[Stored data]

***

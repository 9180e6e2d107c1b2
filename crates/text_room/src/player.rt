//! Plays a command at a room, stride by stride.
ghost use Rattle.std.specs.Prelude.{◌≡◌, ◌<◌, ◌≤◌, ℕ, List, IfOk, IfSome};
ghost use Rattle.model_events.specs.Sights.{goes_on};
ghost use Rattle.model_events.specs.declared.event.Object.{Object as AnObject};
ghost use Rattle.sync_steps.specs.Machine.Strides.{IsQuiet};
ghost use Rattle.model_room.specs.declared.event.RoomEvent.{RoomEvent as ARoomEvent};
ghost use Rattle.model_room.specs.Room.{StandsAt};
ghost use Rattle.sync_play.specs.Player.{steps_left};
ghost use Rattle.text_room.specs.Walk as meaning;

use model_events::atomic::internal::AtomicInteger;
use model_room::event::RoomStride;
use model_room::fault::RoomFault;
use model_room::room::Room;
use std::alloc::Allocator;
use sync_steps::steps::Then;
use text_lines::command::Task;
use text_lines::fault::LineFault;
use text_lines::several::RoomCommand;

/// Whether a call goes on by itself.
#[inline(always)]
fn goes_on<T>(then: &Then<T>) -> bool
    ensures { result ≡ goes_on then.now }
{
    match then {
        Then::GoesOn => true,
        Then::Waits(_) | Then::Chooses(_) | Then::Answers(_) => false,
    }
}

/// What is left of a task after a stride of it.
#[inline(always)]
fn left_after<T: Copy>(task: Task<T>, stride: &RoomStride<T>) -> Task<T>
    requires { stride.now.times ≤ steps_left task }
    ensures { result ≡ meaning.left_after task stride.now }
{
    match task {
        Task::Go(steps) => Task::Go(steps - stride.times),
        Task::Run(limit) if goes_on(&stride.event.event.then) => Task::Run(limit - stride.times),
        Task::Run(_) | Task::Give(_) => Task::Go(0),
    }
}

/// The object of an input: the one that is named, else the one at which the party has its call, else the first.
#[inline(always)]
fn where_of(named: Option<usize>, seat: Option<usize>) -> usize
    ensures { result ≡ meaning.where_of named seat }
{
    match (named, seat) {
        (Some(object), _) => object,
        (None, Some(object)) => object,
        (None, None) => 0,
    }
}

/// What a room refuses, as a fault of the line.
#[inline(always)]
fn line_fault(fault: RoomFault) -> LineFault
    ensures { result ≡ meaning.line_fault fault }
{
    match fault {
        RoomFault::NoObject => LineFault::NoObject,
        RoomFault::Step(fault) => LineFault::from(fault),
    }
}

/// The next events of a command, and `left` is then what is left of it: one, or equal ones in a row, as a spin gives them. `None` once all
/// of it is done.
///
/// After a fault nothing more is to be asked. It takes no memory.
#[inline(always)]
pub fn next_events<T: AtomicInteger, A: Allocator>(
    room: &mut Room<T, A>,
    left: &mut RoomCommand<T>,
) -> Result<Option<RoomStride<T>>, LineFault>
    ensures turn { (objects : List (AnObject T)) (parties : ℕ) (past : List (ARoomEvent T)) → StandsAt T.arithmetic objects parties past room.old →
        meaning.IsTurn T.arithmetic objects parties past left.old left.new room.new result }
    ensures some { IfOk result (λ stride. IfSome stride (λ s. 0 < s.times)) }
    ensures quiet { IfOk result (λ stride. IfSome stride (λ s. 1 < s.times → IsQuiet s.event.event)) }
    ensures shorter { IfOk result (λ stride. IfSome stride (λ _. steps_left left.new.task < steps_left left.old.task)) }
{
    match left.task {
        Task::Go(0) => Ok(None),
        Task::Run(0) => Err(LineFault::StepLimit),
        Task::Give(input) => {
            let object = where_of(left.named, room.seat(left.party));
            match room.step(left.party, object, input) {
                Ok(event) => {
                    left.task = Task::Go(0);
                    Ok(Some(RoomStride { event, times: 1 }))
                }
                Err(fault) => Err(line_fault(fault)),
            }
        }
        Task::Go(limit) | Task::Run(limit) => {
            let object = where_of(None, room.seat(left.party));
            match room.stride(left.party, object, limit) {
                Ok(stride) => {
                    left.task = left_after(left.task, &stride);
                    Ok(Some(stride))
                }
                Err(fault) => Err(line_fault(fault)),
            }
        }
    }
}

***

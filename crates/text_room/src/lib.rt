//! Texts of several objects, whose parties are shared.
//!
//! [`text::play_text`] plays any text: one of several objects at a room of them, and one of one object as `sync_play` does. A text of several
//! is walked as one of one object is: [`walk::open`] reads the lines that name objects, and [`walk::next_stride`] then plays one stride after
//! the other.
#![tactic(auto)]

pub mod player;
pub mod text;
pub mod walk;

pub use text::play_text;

***

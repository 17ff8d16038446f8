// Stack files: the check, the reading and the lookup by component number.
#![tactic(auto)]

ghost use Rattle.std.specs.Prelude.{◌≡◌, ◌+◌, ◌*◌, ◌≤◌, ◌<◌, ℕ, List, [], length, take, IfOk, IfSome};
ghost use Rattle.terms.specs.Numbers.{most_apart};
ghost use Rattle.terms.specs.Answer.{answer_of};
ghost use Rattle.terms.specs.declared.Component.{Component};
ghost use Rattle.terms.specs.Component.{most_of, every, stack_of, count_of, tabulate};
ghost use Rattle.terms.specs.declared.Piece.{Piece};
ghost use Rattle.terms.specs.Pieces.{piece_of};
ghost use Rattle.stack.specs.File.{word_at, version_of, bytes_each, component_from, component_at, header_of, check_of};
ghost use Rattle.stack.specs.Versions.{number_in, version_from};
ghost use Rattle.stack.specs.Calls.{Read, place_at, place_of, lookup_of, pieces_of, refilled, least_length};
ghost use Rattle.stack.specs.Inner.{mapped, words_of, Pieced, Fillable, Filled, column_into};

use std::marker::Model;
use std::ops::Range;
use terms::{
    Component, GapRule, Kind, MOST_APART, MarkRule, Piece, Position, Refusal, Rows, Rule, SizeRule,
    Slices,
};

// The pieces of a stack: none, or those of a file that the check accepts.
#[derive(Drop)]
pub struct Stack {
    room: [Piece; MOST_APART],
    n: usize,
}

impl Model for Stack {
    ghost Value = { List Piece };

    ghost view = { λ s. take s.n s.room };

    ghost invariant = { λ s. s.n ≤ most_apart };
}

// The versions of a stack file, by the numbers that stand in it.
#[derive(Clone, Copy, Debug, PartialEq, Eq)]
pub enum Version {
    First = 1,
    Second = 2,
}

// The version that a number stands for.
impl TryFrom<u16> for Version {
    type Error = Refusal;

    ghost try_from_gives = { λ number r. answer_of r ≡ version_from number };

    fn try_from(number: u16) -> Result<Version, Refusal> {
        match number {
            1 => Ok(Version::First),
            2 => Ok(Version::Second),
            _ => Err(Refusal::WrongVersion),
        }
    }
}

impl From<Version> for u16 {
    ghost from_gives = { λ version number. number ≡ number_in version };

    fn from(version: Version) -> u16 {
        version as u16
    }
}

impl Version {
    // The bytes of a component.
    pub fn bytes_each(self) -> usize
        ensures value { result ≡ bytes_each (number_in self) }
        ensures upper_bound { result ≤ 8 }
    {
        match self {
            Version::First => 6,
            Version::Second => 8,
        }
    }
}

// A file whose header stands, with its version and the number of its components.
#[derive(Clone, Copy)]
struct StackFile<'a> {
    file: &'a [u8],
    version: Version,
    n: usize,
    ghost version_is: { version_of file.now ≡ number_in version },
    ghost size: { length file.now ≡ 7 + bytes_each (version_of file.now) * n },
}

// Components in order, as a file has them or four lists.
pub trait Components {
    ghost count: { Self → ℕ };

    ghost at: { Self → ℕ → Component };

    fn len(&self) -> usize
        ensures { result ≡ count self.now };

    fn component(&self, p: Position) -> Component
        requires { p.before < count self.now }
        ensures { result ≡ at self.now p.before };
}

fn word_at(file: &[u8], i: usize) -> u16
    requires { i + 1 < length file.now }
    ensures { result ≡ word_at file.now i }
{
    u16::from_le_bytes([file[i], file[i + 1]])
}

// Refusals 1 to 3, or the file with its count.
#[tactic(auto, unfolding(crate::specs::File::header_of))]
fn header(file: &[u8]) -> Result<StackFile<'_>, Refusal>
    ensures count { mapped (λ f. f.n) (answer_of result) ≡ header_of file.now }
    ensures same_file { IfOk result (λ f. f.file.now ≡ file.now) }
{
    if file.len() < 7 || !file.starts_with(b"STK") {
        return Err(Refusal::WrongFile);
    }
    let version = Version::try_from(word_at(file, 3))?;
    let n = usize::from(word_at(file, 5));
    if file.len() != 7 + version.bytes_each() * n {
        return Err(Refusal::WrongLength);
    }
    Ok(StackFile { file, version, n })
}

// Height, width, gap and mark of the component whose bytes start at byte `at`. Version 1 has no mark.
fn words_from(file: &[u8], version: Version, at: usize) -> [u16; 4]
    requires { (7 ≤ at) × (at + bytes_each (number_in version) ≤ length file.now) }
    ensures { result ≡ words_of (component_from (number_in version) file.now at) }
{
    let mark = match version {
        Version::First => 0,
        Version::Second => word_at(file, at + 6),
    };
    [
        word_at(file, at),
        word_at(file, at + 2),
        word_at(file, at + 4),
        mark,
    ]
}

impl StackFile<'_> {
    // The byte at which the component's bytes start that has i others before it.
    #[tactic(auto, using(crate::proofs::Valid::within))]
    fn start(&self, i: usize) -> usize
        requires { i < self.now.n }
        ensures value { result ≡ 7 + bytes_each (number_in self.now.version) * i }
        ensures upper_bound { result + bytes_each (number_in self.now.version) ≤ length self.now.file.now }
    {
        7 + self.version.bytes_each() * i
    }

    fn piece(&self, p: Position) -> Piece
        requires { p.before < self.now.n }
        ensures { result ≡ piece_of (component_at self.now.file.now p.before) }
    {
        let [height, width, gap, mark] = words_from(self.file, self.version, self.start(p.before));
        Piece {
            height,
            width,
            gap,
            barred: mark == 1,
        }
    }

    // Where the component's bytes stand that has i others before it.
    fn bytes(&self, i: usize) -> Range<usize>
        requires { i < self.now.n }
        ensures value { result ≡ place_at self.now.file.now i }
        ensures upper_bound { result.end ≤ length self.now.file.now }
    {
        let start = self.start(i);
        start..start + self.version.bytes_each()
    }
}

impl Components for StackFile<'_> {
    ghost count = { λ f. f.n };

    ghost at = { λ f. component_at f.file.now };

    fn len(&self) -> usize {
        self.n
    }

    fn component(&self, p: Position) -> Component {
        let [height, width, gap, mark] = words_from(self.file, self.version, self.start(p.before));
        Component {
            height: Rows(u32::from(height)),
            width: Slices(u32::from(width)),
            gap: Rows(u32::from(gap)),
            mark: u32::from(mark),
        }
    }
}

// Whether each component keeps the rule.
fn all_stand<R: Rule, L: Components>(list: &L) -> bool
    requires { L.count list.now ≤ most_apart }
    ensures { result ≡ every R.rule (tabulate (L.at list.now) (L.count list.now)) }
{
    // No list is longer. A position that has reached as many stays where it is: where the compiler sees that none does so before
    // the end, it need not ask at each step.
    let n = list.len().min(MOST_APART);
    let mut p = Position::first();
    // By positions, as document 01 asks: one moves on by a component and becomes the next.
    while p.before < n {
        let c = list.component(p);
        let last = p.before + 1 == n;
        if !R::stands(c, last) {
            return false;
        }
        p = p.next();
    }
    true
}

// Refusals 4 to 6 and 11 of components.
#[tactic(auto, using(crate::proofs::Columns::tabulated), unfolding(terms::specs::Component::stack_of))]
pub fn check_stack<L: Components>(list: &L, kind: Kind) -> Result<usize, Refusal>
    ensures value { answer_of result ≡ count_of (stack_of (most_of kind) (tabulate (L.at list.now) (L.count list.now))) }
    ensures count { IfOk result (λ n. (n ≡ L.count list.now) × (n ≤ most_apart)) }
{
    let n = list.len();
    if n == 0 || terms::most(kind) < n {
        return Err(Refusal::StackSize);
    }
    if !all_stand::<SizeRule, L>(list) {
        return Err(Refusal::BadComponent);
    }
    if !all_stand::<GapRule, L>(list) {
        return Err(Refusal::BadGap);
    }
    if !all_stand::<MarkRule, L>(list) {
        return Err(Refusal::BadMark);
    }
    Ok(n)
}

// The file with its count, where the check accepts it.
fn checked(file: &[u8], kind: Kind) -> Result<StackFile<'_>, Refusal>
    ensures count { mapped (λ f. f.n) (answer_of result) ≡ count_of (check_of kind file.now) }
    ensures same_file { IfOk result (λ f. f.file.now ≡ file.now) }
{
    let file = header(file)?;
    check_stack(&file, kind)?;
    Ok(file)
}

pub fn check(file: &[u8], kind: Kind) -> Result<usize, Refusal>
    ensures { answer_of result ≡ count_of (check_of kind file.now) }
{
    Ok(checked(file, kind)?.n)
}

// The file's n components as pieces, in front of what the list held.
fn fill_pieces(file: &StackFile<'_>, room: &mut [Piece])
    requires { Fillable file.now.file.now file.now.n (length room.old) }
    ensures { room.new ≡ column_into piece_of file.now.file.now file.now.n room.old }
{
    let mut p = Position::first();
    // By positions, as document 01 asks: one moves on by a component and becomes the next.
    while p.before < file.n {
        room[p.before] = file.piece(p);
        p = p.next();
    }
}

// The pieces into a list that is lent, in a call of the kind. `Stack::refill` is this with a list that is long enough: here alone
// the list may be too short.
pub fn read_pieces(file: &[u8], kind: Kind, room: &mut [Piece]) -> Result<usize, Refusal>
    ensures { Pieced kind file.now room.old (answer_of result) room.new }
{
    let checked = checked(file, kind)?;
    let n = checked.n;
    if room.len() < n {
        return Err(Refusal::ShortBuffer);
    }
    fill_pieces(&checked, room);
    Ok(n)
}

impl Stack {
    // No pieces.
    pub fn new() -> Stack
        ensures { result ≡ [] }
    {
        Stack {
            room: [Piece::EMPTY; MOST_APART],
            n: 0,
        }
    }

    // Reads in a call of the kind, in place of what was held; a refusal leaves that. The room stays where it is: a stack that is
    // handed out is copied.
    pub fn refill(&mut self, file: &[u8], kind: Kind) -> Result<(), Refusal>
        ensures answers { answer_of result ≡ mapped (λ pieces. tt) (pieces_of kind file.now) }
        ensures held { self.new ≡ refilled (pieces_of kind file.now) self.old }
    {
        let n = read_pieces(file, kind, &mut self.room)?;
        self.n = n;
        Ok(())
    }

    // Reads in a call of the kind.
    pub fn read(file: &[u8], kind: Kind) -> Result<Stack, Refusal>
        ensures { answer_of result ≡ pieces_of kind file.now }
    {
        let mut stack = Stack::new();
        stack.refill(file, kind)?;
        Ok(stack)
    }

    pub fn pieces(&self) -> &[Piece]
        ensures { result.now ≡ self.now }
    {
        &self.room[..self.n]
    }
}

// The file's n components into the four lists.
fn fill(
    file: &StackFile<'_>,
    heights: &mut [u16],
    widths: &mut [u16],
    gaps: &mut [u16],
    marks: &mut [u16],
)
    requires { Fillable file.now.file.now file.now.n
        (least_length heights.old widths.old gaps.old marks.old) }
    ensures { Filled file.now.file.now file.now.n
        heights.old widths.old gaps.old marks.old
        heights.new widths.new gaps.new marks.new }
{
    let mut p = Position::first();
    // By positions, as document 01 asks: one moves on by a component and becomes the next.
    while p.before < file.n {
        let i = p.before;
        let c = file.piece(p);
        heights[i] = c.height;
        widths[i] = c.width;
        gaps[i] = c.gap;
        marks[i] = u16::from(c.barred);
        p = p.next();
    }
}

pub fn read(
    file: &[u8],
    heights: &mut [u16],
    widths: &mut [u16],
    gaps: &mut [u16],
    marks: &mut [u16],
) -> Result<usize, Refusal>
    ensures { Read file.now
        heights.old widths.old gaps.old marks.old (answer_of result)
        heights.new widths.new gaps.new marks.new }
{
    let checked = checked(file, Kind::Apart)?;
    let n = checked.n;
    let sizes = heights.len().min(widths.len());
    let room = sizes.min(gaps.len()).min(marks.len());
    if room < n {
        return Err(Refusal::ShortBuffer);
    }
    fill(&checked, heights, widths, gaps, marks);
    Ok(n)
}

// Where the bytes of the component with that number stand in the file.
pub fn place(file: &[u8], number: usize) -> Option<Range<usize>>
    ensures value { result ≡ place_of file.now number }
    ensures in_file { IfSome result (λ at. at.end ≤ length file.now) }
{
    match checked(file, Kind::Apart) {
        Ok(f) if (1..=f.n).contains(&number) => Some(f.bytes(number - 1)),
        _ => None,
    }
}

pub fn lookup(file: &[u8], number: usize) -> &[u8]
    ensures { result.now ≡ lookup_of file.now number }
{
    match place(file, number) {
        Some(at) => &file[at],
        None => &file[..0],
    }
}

***

The answer must be every line of the records above that holds the word "Fillable".

▸ **Output for this exercise**:
ghost use Rattle.stack.specs.Inner.{mapped, words_of, Pieced, Fillable, Filled, column_into};
    requires { Fillable file.now.file.now file.now.n (length room.old) }
    requires { Fillable file.now.file.now file.now.n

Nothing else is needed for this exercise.